• **Excerpted records**
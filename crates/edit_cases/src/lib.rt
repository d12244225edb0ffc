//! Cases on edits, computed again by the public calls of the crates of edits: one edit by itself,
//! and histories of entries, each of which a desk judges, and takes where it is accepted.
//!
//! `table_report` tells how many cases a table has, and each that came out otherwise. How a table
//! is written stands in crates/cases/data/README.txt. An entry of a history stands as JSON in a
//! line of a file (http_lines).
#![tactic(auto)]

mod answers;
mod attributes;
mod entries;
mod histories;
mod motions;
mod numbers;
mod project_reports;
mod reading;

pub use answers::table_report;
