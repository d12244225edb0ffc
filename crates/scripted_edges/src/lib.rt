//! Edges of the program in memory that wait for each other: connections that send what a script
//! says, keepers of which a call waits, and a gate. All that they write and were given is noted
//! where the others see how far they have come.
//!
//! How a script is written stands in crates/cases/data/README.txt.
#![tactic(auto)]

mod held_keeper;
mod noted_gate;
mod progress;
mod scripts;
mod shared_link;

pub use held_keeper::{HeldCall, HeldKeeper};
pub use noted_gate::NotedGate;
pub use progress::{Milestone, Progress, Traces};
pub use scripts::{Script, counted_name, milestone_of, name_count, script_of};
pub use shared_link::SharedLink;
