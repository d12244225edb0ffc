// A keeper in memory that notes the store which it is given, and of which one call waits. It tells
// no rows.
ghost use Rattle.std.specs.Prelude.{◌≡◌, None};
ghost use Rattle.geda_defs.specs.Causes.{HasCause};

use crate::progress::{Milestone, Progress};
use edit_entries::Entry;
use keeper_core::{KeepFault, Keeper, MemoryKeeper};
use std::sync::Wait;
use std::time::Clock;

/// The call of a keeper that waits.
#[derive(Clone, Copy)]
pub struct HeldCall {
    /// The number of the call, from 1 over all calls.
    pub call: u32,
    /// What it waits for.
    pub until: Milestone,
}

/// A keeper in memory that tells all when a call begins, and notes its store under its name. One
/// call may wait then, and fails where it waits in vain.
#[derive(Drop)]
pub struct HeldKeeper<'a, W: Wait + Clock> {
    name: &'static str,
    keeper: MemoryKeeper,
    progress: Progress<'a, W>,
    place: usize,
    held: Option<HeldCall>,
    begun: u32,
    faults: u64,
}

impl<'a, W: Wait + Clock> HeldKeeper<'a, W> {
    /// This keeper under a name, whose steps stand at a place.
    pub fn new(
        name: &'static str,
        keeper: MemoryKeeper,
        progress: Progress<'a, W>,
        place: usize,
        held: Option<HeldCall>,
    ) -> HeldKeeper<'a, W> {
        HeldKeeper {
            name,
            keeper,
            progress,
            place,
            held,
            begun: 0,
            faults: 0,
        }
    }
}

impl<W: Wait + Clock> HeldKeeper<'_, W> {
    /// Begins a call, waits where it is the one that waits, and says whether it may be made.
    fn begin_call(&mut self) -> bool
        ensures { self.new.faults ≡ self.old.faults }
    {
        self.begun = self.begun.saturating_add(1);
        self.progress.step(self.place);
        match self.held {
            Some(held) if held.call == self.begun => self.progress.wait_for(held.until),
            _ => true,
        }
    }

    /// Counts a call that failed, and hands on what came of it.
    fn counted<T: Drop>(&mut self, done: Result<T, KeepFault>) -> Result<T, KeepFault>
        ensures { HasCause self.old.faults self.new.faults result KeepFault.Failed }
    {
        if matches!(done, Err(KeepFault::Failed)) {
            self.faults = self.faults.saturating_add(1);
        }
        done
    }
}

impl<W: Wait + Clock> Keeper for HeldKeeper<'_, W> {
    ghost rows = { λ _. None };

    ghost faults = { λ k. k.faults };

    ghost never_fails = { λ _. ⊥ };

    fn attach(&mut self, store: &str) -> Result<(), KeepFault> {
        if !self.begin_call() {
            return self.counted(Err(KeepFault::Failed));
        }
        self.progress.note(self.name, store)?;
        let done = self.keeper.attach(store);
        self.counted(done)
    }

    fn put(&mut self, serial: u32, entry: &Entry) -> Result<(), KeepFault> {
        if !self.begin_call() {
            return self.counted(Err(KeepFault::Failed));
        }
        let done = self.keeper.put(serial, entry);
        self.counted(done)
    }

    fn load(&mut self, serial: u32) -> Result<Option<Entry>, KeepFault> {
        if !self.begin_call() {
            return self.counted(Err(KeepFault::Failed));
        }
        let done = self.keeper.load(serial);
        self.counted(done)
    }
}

• **What is being asked**
From the records above, copy every line that includes the word "specs".

• **Answer to the problem**
ghost use Rattle.std.specs.Prelude.{◌≡◌, None};
ghost use Rattle.geda_defs.specs.Causes.{HasCause};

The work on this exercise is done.